Un regard tranquille et acerbe sur la décadence civile et politique
Enfin, et c’est un autre point fort de l’écriture d’Aurélien Bellanger, il excelle à décrire la vie de cabinet, connivente et asservie, à un pouvoir discrétionnaire, spectaculaire et cynique. L’existence de ces jeunes conseillers intouchables qui, dans un décor anachronique doré et lambrissé, décident en authentiques démiurges de la vie de millions de leurs concitoyens est ici sévèrement jugée. L’exécrable moralité de cette caste de passage, grisée par son pouvoir d’un instant, décuplé par la vie algorithmée des smartphones, iPhone et BlackBerry aux diodes déjà périmées, serait assez drôle si Alexandre Belgrand, le héros, parti de l’ESSEC [11] bourgeois, n’avait pas le sentiment d’être devenu un « traître », bien conscient de ses glissements, de ses accommodations et de ses renoncements opportunistes. « Le sentiment de trahir mon camp et peut-être même de trahir la France » (p. 473) le saisit, en effet, en bout de course.

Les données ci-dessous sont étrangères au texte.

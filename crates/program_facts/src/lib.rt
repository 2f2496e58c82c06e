//! What goes along programs: facts, from part to part, and what every run keeps.
#![tactic(auto)]

mod flow_laws;
mod lasting_laws;
mod parts;

pub use flow_laws::facts_hold_after;
pub use lasting_laws::{runs_keep_tags, sorted_units_last};
pub use parts::{Parts, changes_state};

Relevons que cette trahison soumissionnaire des élites technocratiques offre des éléments déjà pointés en son temps par Louis Chevalier. L’itinéraire de vie du personnage d’Aurélien Bellanger mérite, par conséquent, d’être lu en ce sens, sans désespoir exagéré, mais avec lucidité, à l’heure où pointent les miracles déshumanisés des smart cities.
Bibliographie
- Bellanger, A. 2010. Houellebecq, écrivain romantique, Paris : Léo Scheer.
- Bellanger, A. 2014. L’Aménagement du territoire, Paris : Gallimard.
- Bouchy, F. 2017. « La politique est la mise en marche des passions », Le Monde des livres, 18 janvier.
- Delouvrier, P. 1994. Paul Delouvrier : la passion d’agir – entretiens avec Roselyne Chenu, Paris : Seuil.
- Maspero, F. 1990. Les Passagers du Roissy-Express, Paris : Seuil.
- Rohmer, É. 1987. L’Ami de mon amie, long métrage.
- Sfez, L. 1973 (1re éd.). Critique de la décision, Paris : Presses de Sciences Po.